Holy Dark

Clear sky at dawn
with a waxing moon,
the stark branches
of winter emptying,
letting go of the green
for descent
into the holy dark.
Releasing faith
and its tribunals
for blessed peace,
as seeds soften
in the wet ground
awaiting the fire
of our surrender.

 


 


13 Responses to “Holy Dark”

  1. Eleanor GillMilner says:

    Thanks Don… this certainly fits the season and is a metaphor for those humans who are surrendering to the peaceful dark, and we all know who they are.

  2. T Johansson says:

    Yep. And the Timeless Wheel rolls on…

  3. Gene Latimer says:

    Wow! “the fire of our surrender”…

  4. Jack says:

    Love this one Don……one of your best……

  5. Pichay says:

    Thank you, Don. When my head doesn’t clear when disturbed in the night, my feet know the Buddha Way, for they walk me to my surrender…

  6. Rich Matkins says:

    Simply beautiful…

  7. Paul Blythe says:

    Can we think of the changeless world of the present moment? What else is there really. There is the old world with its timelessness with no blame and no regrets, understanding that the Holy Spirit is contributing all that is necessary in the NOW-HERE!

  8. David Banner says:

    To me, the winter is always about descending into the fertile dark…beautiful, Don…..

  9. Bill Dare says:

    Sharing your Heart is always such a gift, Brother.

  10. thomas mcdermott says:

    greatly evocative of the season. very deep. Thanks Brother.
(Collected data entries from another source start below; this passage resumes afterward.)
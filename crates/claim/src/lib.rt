// A frame that a head claims: its length, the hand-out test, and what a step says of it by its sum or its parity. All of this goes
// by numbers; the window's bytes are read in `look`. Rust: parser/buffer.rs, `can_drain_and_take`; parser.rs, what
// `extract_packet_ubx`, `extract_packet_rtcm` and `extract_packet_nmea` answer.
#![tactic(auto)]

ghost use Rattle.std.specs.Prelude.{◌≡◌, ◌+◌, ◌*◌, ◌%◌, ◌≤◌, ◌<◌, ◌^◌, ltb};
ghost use Rattle.claim.specs.Sizes.{skip, around, size};
ghost use Rattle.claim.specs.Verdicts.{can_hand, cost, judge_sum, judge_parity, lacks};

use sum::Sums;

pub const UBX_SYNC_SIZE: usize = 2;

pub const UBX_HEADER_LEN: usize = 6;

pub const UBX_CHECKSUM_LEN: usize = 2;

pub const RTCM_HEADER_SIZE: usize = 3;

const RTCM_PARITY_LEN: usize = 3;

pub const NMEA_END_CHARS_LEN: usize = 2;

// What a UBX head says of its frame: class, id, and n, the payload's length. That n is below 65,536 is asked where it is needed and is no
// fact of the type: `judged` promises what it says of any n.
#[derive(Clone, Copy)]
pub struct UbxHead {
    pub class: u8,
    pub id: u8,
    pub n: usize,
}

// A frame that a head claims: UBX with class, id and n; RTCM with n, and whether it is read with parity; a sentence whose CR
// stands at i.
#[derive(Clone, Copy)]
pub enum Kind {
    Ubx { class: u8, id: u8, n: usize },
    Rtcm { n: usize, parity: bool },
    Sentence { i: usize },
}

// An answer that hands out no bytes.
#[derive(Clone, Copy)]
pub enum Tale {
    WrongSum {
        class: u8,
        id: u8,
        n: usize,
        expect: u16,
        got: u16,
    },
    WrongParity {
        expect: u32,
        got: u32,
    },
    NoRoom {
        drain: usize,
        size: usize,
    },
}

// What a step says: drain so many and need more; a tale; a frame to hand out.
#[derive(Clone, Copy)]
pub enum Verdict {
    Wait(usize),
    Tell(Tale),
    Hand(Kind),
}

// The bytes drained before a frame's body.
pub fn skip(kind: Kind) -> usize
    ensures { result ≡ skip kind }
{
    match kind {
        Kind::Ubx { .. } => UBX_HEADER_LEN,
        Kind::Rtcm { .. } => 0,
        Kind::Sentence { .. } => 0,
    }
}

// What an RTCM frame has around its message: the head before it and, where it is read with parity, that behind it.
pub fn around(parity: bool) -> usize
    ensures value { result ≡ around parity }
    ensures upper_bound { result ≤ 6 }
{
    if parity {
        return RTCM_HEADER_SIZE + RTCM_PARITY_LEN;
    }
    RTCM_HEADER_SIZE
}

// The length of its body: a UBX frame's is payload and check bytes, the others' the whole frame.
pub fn size(kind: Kind) -> usize
    requires { size kind < 2 ^ 64 }
    ensures { result ≡ size kind }
{
    match kind {
        Kind::Ubx { n, .. } => n + UBX_CHECKSUM_LEN,
        Kind::Rtcm { n, parity } => n + around(parity),
        Kind::Sentence { i } => i + NMEA_END_CHARS_LEN,
    }
}

// The bytes drained with an answer that hands out none.
pub fn cost(tale: Tale) -> usize
    ensures { result ≡ cost tale }
{
    match tale {
        Tale::WrongSum { .. } => UBX_SYNC_SIZE,
        Tale::WrongParity { .. } => 1,
        Tale::NoRoom { drain, .. } => drain,
    }
}

// The hand-out test: drain d, take t, where u of the window's w bytes lie in the carry.
pub fn can_hand(cap: usize, u: usize, w: usize, d: usize, t: usize) -> bool
    requires { d + t < 2 ^ 64 }
    ensures { result ≡ can_hand cap u w d t }
{
    d + t <= w && (u <= d || t <= u - d || t <= cap)
}

// A frame that can't be handed out: no room where the window is over C, else need more.
pub fn lacks(cap: usize, w: usize, drain: usize, size: usize) -> Verdict
    ensures { result ≡ lacks (ltb cap w) drain size }
{
    if cap < w {
        return Verdict::Tell(Tale::NoRoom { drain, size });
    }
    Verdict::Wait(0)
}

// What the received pair and the computed one say of the frame that a UBX head claims. A wrong sum is told with class, id and length
// of the head, the received pair, and the computed one.
#[tactic(auto, unfolding(window::specs::Pick::pick))]
pub fn judged(expect: Sums, got: Sums, head: UbxHead) -> Verdict
    ensures { result ≡ judge_sum expect.a expect.b got head.class head.id head.n }
{
    let UbxHead { class, id, n } = head;
    if expect == got {
        return Verdict::Hand(Kind::Ubx { class, id, n });
    }
    Verdict::Tell(Tale::WrongSum {
        class,
        id,
        n,
        expect: sum::word(expect.a, expect.b),
        got: sum::word(got.a, got.b),
    })
}

// What the received parity and the computed one say of an RTCM frame.
#[tactic(auto, unfolding(window::specs::Pick::pick))]
pub fn parity_judged(expect: u32, got: u32, n: usize) -> Verdict
    ensures { result ≡ judge_parity expect got n }
{
    if expect == got {
        return Verdict::Hand(Kind::Rtcm { n, parity: true });
    }
    Verdict::Tell(Tale::WrongParity { expect, got })
}

// An RTCM frame's length: the low 10 bits of its two bytes, big-endian.
pub fn rtcm_length(high: u8, low: u8) -> usize
    ensures { result ≡ (256 * high + low) % 1024 }
{
    (256 * usize::from(high) + usize::from(low)) % 1024
}
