//! What the lock asks of the value behind it.
ghost use Rattle.std.specs.Prelude.{◌≡◌, ◌^◌, ◌<◌, List, length};

/// A value that keeps a list of items, oldest first, to which holders of a [`Turn`](crate::Turn) add.
pub trait Kept {
    /// What stands in the list. No value of it need be made at run time.
    type Item;

    /// The value's history: all items that it keeps.
    ghost list: { Self → List Self.Item };

    /// How many items the value keeps.
    fn items(&self) -> u64
        requires { length (list self.now) < 2 ^ 64 }
        ensures { result ≡ length (list self.now) };
}
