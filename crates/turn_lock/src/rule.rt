//! The rule that every step on the lock keeps.
use crate::Kept;
use crate::view::{About, Knows};
use atomic_table::TableRule;

// The words of the table: the next ticket, the ticket that is served, and the length of the history.
pub(crate) const TICKET: usize = 0;

pub(crate) const SERVING: usize = 1;

pub(crate) const COUNT: usize = 2;

// Its one slot, where the value is at home.
pub(crate) const SLOT: usize = 0;

pub(crate) struct ByTickets;

impl<V: Kept> TableRule<Option<V>, Knows<V::Item>, About<V>> for ByTickets {
    ghost use Rattle.std.specs.Prelude.{length};
    ghost use Rattle.turn_lock.specs.View.{newcomer};
    ghost use Rattle.turn_lock.specs.Tickets.{Turns};

    ghost holds = { λ about. Turns V.list about.rights (length (V.list about.value.value)) };

    ghost first = { λ about. newcomer about.rights (V.list about.value.value) };
}
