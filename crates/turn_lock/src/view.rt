//! What a pass knows, and what the rule is told of the lock. These types are for the proofs alone: no value
//! of a view is made.
use std::collections::LinkedList;
use std::snapshot::Snapshot;

// Where a pass stands. Tickets are counted without end here, and their remainders modulo 2 ^ 64 in the words.
pub(crate) enum Stage<I> {
    Idle,
    // It drew this ticket.
    Waits(u64),
    // Its ticket, and the history that the value has or will have when it goes home.
    Holds(u64, LinkedList<I>),
}

pub(crate) struct Knows<I> {
    pub(crate) rights: u32,
    pub(crate) stage: Stage<I>,
    // A prefix of the history.
    pub(crate) seen: LinkedList<I>,
    // A prefix of the history that another pass had seen: the shorter one at the last `join`.
    pub(crate) told: LinkedList<I>,
    // The positions of the items that it added.
    pub(crate) own: LinkedList<u64>,
}

// What the lock was made with: the number of all rights, and the value.
#[derive(Drop)]
pub(crate) struct About<V> {
    pub(crate) rights: u32,
    pub(crate) value: Snapshot<V>,
}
  11. I somehow like the line “releasing faith and all its tribunals”. How do we humans put ourselves on trial for what we perceive as less than. Time to rest for the winter and chew the fat with the “fertile dark” as David calls it. Once chewed on for the winter it may be more palatable, or even forgotten.

  12. …as seeds soften
    in the wet ground
    awaiting the fire
    of our surrender.

    We humans cannot create seeds. We can provide conditions for their germination, and both water and warmth are essential for seeds’ patience to be rewarded and destiny fulfilled. I feel your phrase, “the fire of our surrender” points precisely to how love comes in. Beautiful.

  13. I loved the end of season imagery because through it you earned with a very natural rhetorical gesture the right to say, “Releasing faith/and all its tribunals,” big words and a big concept that drift to the ground along with the rest of the biomass that gets dropped in the winter. Imagery is the ONLY carrier of polemic message in poetry, a difficult lesson to learn for most poets who want to bonk the reader on the head with The Big Moral, and you have done it here with a deft hand.